Why can't he go into the kitchen and fix himself a plate and why would he be so inconsiderate to the plight of someone who has been out all day ploughing the fields.
That to me, is just the height of wickedness and also one of the matters I think needs to be addressed in premarital counselling sessions.

The ideal marriage should not be like a Military system of government, but rather be akin to a football team where each of the persons involved are merely team players working towards a goal and for the commonweal.

It could be remarked in passing that the tradition of women being much more industrious than men has also accelerated the current process of equalization between the sexes, since the African woman in the modern working situation will generally outdo the man(I stand to be corrected).

In light of that, we men should develop some superego and try to adjust adequately to the patently obvious paradigm shift.

Gone are the days when the average woman was quintessentially a kitchen workhorse and a mobile baby-factory .
Times have changed and unless people change with them, the impasse would be unbreakable!.

A man should have no qualms in helping out in the kitchen without the fear of being described as 'stringed to his wife's aprons' or whatchamacallit?. . .yeah, without being labelled as 'henpecked'.

He also shouldn't refuse to help out with domestic affairs because he feels it is below the office of manhood.

Stone the crows!, I find this quite risible because I don't think I would find anything more fulfilling than in helping my soignèe mistress with some domestic chores and even with cooking; hands on her tender hips, nape-kissing and doing all that cosy lovey-dovey stuff whilst helping her out in the kitchen. grin

This is just one side of the coin being addressed and it's mainly hinged on we men learning to adapt to the changing times. My fingers are weary and my brain is addled, perhaps I would, if time permits, state in what ways I think women should also consider adjusting to the changing times in order to foster marriages in these modern day.
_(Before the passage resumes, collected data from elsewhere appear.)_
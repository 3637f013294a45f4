// Plays fixed pseudo-random calls to each solver, and compares every answer with that of a truth table.
#![tactic(auto)]

mod answer;
mod draws;
mod model;
mod play;
mod script;
mod tally;

use model::Model;
use play::play;
use row_walker::RowWalker;
use script::Script;
use solver::Solver;
use splitter::Splitter;
use std::io;
use tally::Tally;
use ternary::TernarySearch;

const SEED: u32 = 20261118;

// Each solver has calls of its own, with as many variables as it answers quickly; then all are played the same calls, within the
// sizes of the smallest.
fn main(rt: HostRuntime) -> io::Result<()> {
    let mut walker = RowWalker::new();
    let mut split = Splitter::over(RowWalker::new());
    let mut twice = Splitter::over(Splitter::over(RowWalker::new()));
    let mut none = [7i32; 7];
    let mut tiny = TernarySearch::over(&mut none);
    let mut words = [-1i32; 199];
    let mut search = TernarySearch::over(&mut words);
    let mut more = [1i32; 384];
    let mut above = Splitter::over(TernarySearch::over(&mut more));
    println!(rt; "seed {SEED}")?;
    sizes(&rt, "row walker", &walker)?;
    sizes(&rt, "splitter over the row walker", &split)?;
    sizes(&rt, "splitter over that splitter", &twice)?;
    sizes(&rt, "ternary search over 7 numbers", &tiny)?;
    sizes(&rt, "ternary search over 199 numbers", &search)?;
    sizes(&rt, "splitter over one over 384 numbers", &above)?;
    report(
        &rt,
        "row walker",
        &own(&mut walker, Script::new(SEED, 10, 30), 4000),
    )?;
    report(
        &rt,
        "row walker, seldom begun",
        &own(&mut walker, Script::new(SEED, 10, 400), 2000),
    )?;
    report(
        &rt,
        "splitter over the row walker",
        &own(&mut split, Script::new(SEED, 5, 15), 3000),
    )?;
    report(
        &rt,
        "splitter over that splitter",
        &own(&mut twice, Script::new(SEED, 3, 10), 1000),
    )?;
    report(
        &rt,
        "ternary search over 7 numbers",
        &own(&mut tiny, Script::new(SEED, 2, 10), 200),
    )?;
    report(
        &rt,
        "ternary search",
        &own(&mut search, Script::new(SEED, 10, 30), 4000),
    )?;
    report(
        &rt,
        "ternary search, seldom begun",
        &own(&mut search, Script::of_threes(SEED, 10, 60), 4000),
    )?;
    report(
        &rt,
        "splitter over the ternary search",
        &own(&mut above, Script::new(SEED, 10, 30), 4000),
    )?;
    let first = shared(&mut walker);
    report(
        &rt,
        "the same calls to the row walker and all splitters",
        &first,
    )?;
    agree(
        &rt,
        first.agrees(&shared(&mut split))
            && first.agrees(&shared(&mut twice))
            && first.agrees(&shared(&mut above)),
    )?;
    let first = threes(&mut walker);
    report(
        &rt,
        "the same clauses of three to the row walker and the ternary search",
        &first,
    )?;
    agree(&rt, first.agrees(&threes(&mut search)))
}

// Plays calls beside a truth table of the solver's own sizes.
fn own<S: Solver>(solver: &mut S, script: Script, calls: u32) -> Tally
    requires { S.Solver.sound solver.old }
    ensures { S.Solver.sound solver.new }
{
    let model = Model::of(solver);
    play(solver, model, script, calls)
}

// Plays the calls that every solver here takes or refuses alike: the truth table has less room than each of them.
fn shared<S: Solver>(solver: &mut S) -> Tally
    requires { S.Solver.sound solver.old }
    ensures { S.Solver.sound solver.new }
{
    play(solver, Model::new(6, 16, 5), Script::new(SEED, 3, 10), 1000)
}

// Plays calls with clauses of up to three literals, which the row walker and the ternary search take or refuse alike.
fn threes<S: Solver>(solver: &mut S) -> Tally
    requires { S.Solver.sound solver.old }
    ensures { S.Solver.sound solver.new }
{
    play(
        solver,
        Model::new(24, 3, 23),
        Script::of_threes(SEED, 10, 60),
        4000,
    )
}

fn sizes<S: Solver>(rt: &impl Print, name: &str, solver: &S) -> io::Result<()> {
    let capacity = solver.capacity();
    let width = solver.width();
    let room = solver.full_room();
    println!(rt; "{name}: capacity {capacity}, width {width}, room {room}")
}

fn report(rt: &impl Print, name: &str, tally: &Tally) -> io::Result<()> {
    println!(rt; "{name}: {tally}")
}

fn agree(rt: &impl Print, same: bool) -> io::Result<()> {
    if same {
        println!(rt; "their answers agree")
    } else {
        println!(rt; "their answers differ")
    }
}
Virtual hug for you! smiley smiley
Re: What Is African Marriage About And What Is It Values? by Dheartless: 8:02am On May 21, 2016
postmann:


What a relief! Thought we have been stripped of another great woman. No doubt there are juvenile minds yet to grasp the true value of being a man. With time some of these boys will learn.
cheesy grin
surely it's a relief

1 Like

Re: What Is African Marriage About And What Is It Values? by PinketteDawn: 8:13am On May 21, 2016
lezz:
Every woman wants her man to lead her.

I totally agree with you on this. Yes every woman wants her man to LEAD her.

lezz:
Women are genetically programmed to depend on men.


How? The little I know about genetics is that no sex can exist without the other, so women depend on men and vice versa, especially to procreate. Could you please explain how women are genetically programmed to depend on men?
Re: What Is African Marriage About And What Is It Values? by postmann: 8:22am On May 21, 2016
Dheartless:

surely it's a relief

We won't lose her to misandry. Neither will she been taken by the new generation male prejudice.
grin grin grin

1 Like

Re: What Is African Marriage About And What Is It Values? by Dheartless: 9:01am On May 21, 2016
postmann:


16th century is gone beyond my reach but not some of it's good values.
There're many 21st century women who are content being "women". Those who know nothing compares to a man's love and dedication. Those who know humility and submission is the fastest and safest route to being crowned the Queen of his heart.

Not some hybrid monster-woman caught in between being a man and a woman.
@bolded, this is very funny
Re: What Is African Marriage About And What Is It Values? by lezz(m): 9:17am On May 21, 2016
PinketteDawn:



I totally agree with you on this. Yes every woman wants her man to LEAD her.
cheesy grin Good and honest start.



PinketteDawn:



How? The little I know about genetics is that no sex can exist without the other, so women depend on men and vice versa, especially to procreate. Could you please explain how women are genetically programmed to depend on men?


But you have the answer yourself cheesy cheesy cheesy. You just stated that yourself above.